Project

Fingerprint

Matter and energy degrade to more probable, less informative states. The larger the amounts of information processed or diffused, the more likely it is that information will degrade toward meaningless variety, like noise or information overload, or sterile uniformity — Orrin Klapp

Fingerprint is a general purpose data integrity tool that uses cryptographic hashes to detect changes in files and directory trees. The fingerprint command scans a directory tree and generates a fingerprint file containing the names and cryptographic hashes of the files in the tree. This snapshot can be later used to generate a list of files that have been created, deleted or modified.
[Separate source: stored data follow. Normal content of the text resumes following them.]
//! The functions of the C interface, which crates/pw_c exports: include/pw.h describes each. C calls one function for
//! each thing, by its name: so some have one shape. It has no `Result` and no `Option`: so the refusal by its number and
//! the mark `found` stand beside the values. The unit goes by number too, and the two formats are asked for with the
//! marks of the source, `va` and `watts`.
#![tactic(auto)]

ghost use Rattle.std.specs.Prelude.{◌≡◌};
ghost use Rattle.refusals.specs.Number.{told_number};
ghost use Rattle.codes.specs.Frame.{decoded};
ghost use Rattle.tables.specs.Window.{cmp_window};
ghost use Rattle.tables.specs.Ranges.{r36_of};
ghost use Rattle.tables.specs.Row.{row_kind, row_number};
ghost use Rattle.figures.specs.Exact.{ExactAfter};
ghost use Rattle.figures.specs.Acc.{fresh_acc, add_to, added_acc, watt_hours};
ghost use Rattle.formats.specs.Formats.{energy_format, p_format};
ghost use Rattle.pw.specs.Host.{frame_codes, host_window, host_format};

pub mod calls;
pub mod shown;

use codes::Codes;
use figures::acc::Acc;
use formats::format::Format;
use refusals::{Refusal, told_number};

/// `struct pw_codes`: the refusal's number, and the codes of the frame, 0 where it is refused. C has no `Result`.
#[derive(Clone, Copy)]
#[repr(C)]
pub struct FrameCodes {
    pub refusal: u8,
    pub ad1: i32,
    pub lpf: i32,
    pub rms: i64,
}

impl From<Result<Codes, Refusal>> for FrameCodes {
    ghost from_gives = { λ answer codes. codes ≡ frame_codes answer };

    #[tactic(auto, unfolding(crate::specs::Host::frame_codes))]
    fn from(answer: Result<Codes, Refusal>) -> FrameCodes {
        let refusal = told_number(&answer);
        match answer {
            Ok(c) => FrameCodes {
                refusal,
                ad1: c.ad1,
                lpf: c.lpf,
                rms: c.rms,
            },
            Err(_) => FrameCodes {
                refusal,
                ad1: 0,
                lpf: 0,
                rms: 0,
            },
        }
    }
}

/// The codes of the frame in the host's bytes, which are read and not written.
pub fn pw_decode(bytes: &[u8]) -> FrameCodes
    ensures { result ≡ frame_codes (decoded bytes.now) }
{
    FrameCodes::from(codes::decode(bytes))
}

/// `struct pw_window`: whether a window was found, and R21, 0 where none was. C has no `Option`.
#[derive(Clone, Copy)]
#[repr(C)]
pub struct HostWindow {
    pub found: bool,
    pub r21: u8,
}

impl From<Option<u8>> for HostWindow {
    ghost from_gives = { λ window shown. shown ≡ host_window window };

    #[tactic(auto, unfolding(crate::specs::Host::host_window))]
    fn from(window: Option<u8>) -> HostWindow {
        HostWindow {
            found: window.is_some(),
            r21: window.unwrap_or(0),
        }
    }
}

/// The comparator's window for a middle of c volts and a swing of a volts.
pub fn pw_cmp_window(c: f32, a: f32) -> HostWindow
    ensures { result ≡ host_window (cmp_window c a) }
{
    HostWindow::from(tables::window::cmp_window(c, a))
}

/// The number of the kind of row that the host writes at a mark.
pub fn pw_row_kind(alt: bool, dc: bool, job: u8, step: u8, job_dc: bool, phase: u8) -> u8
    ensures { result ≡ row_number (row_kind alt dc job step job_dc phase) }
{
    tables::row::row_kind(alt, dc, job, step, job_dc, phase).into()
}

/// R36 of a signed number of phase steps.
pub fn pw_r36_of(steps: i8) -> u8
    ensures { result ≡ r36_of steps }
{
    tables::ranges::r36_of(steps)
}

/// An accumulator that nothing was added to: `Acc::ZERO`.
pub fn pw_acc_fresh() -> Acc
    ensures { result ≡ fresh_acc }
{
    Acc::ZERO
}

/// Adds to the host's own accumulator, and answers 0; or 6, full, and it is as it was.
#[tactic(auto, using(figures::proofs::Exactly::answer_told))]
pub fn pw_acc_add(acc: &mut Acc, joules: f32) -> u8
    ensures { (result ≡ told_number (add_to acc.old joules)) × (acc.new ≡ added_acc acc.old (add_to acc.old joules)) × ExactAfter acc.old joules result acc.new }
{
    told_number(&acc.add(joules))
}

/// The watt hours of an accumulator.
pub fn pw_acc_wh(acc: Acc) -> f32
    ensures { result ≡ watt_hours acc }
{
    Acc::wh(acc)
}

/// `struct pw_format`: the unit by its number.
#[derive(Clone, Copy)]
#[repr(C)]
pub struct HostFormat {
    pub number: f32,
    pub decimals: u8,
    pub unit: u8,
}

/// A format, its unit by the number.
impl From<Format> for HostFormat {
    ghost use Rattle.pw.specs.Host.{host_format};

    ghost from_gives = { λ format shown. shown ≡ host_format format };

    #[tactic(auto, unfolding(crate::specs::Host::host_format))]
    fn from(format: Format) -> HostFormat {
        HostFormat {
            number: format.number,
            decimals: format.decimals,
            unit: u8::from(format.unit),
        }
    }
}

/// `energy_format`: the apparent energy where `va`, else the active one.
pub fn pw_energy_format(wh: f32, va: bool) -> HostFormat
    ensures { result ≡ host_format (energy_format wh va) }
{
    HostFormat::from(formats::format::energy_format(wh, va))
}

/// `p_format`: a power of si W or VA, in a pair of ranges of fs W or VA full scale.
pub fn pw_p_format(fs: f32, si: f32, watts: bool) -> HostFormat
    ensures { result ≡ host_format (p_format fs si watts) }
{
    HostFormat::from(formats::format::p_format(fs, si, watts))
}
If so much as a single bit in the file data has changed, Fingerprint will detect it.

Traditionally, the only way to preserve data was to take regular backups and hope that any unwanted changes that occurred would be major, obvious ones (such as loss of the disk). This approach means trusting all the software to which the data is exposed: operating systems, backup software, communications software, compression software, encryption software, and archiving software. Unfortunately, each of these systems is highly complex and can inflict all kinds of damage on data, much of the damage undetectable to humans. Fingerprint allows data to be monitored, detecting even the change of a single bit.

Development Status

Features

Fingerprint can be used for:

A companion app is available in the Mac App Store. Purchasing this app helps fund the open source software development.

Motivation

As the world becomes further entrenched in digital data and storage, the accuracy and correctness of said data is going to become a bigger problem. As humans create information, we are ultimately decreasing the amount of entropy in the universe. By the second law of thermodynamics, when a closed system moves from "the least to the most probable, from differentiation to sameness, from ordered individuality to a kind of chaos," (Thomas Pynchon) the only logical conclusion is that what we consider to be important data is destined to become meaningless noise in the sands of time.

When I first suffered data-loss, it wasn't catastrophic - it was the slow deterioration of a drive which silently corrupted many files. After this event, I wanted a tool which would allow me to minimize the chance of this happening in the future. When I take a backup now, I also make a fingerprint. If I ever need to restore from backup, I can be confident the data is as it was when it was backed up.

As fingerprint provides a fast way to compare the files, I've also extended it to find duplicates within one or more fingerprints. This is useful for de-duplicating your home directory and I've also used it when marking assignments to find blatant copying.

In cases where I've been concerned about the migration of data (e.g. copying my entire home directory from one system to another), I've used fingerprint to generate a transcript on the source machine, and then run it on the destination machine, to reassure me that the data was copied correctly and completely.

Usage

Please browse the source code index or refer to the guides below.

Getting Started

This guide explains how to use fingerprint gem.

Use Cases

This guide explains some typical use cases for fingerprint and how to implement them.

RSpec Integration

This guide explains how fingerprint can be used with RSpec to compare files.

Todo

Contributing

We welcome contributions to this project.

  1. Fork it.
  2. Create your feature branch (git checkout -b my-new-feature).
  3. Commit your changes (git commit -am 'Add some feature').
  4. Push to the branch (git push origin my-new-feature).
  5. Create new Pull Request.

License

Released under the MIT license.

Copyright, 2019, by Samuel G. D. Williams.

Permission is hereby granted, free of charge, to any person obtaining a copy of this software and associated documentation files (the "Software"), to deal in the Software without restriction, including without limitation the rights to use, copy, modify, merge, publish, distribute, sublicense, and/or sell copies of the Software, and to permit persons to whom the Software is furnished to do so, subject to the following conditions:

The above copyright notice and this permission notice shall be included in all copies or substantial portions of the Software.

THE SOFTWARE IS PROVIDED "AS IS", WITHOUT WARRANTY OF ANY KIND, EXPRESS OR IMPLIED, INCLUDING BUT NOT LIMITED TO THE WARRANTIES OF MERCHANTABILITY, FITNESS FOR A PARTICULAR PURPOSE AND NONINFRINGEMENT. IN NO EVENT SHALL THE AUTHORS OR COPYRIGHT HOLDERS BE LIABLE FOR ANY CLAIM, DAMAGES OR OTHER LIABILITY, WHETHER IN AN ACTION OF CONTRACT, TORT OR OTHERWISE, ARISING FROM, OUT OF OR IN CONNECTION WITH THE SOFTWARE OR THE USE OR OTHER DEALINGS IN THE SOFTWARE.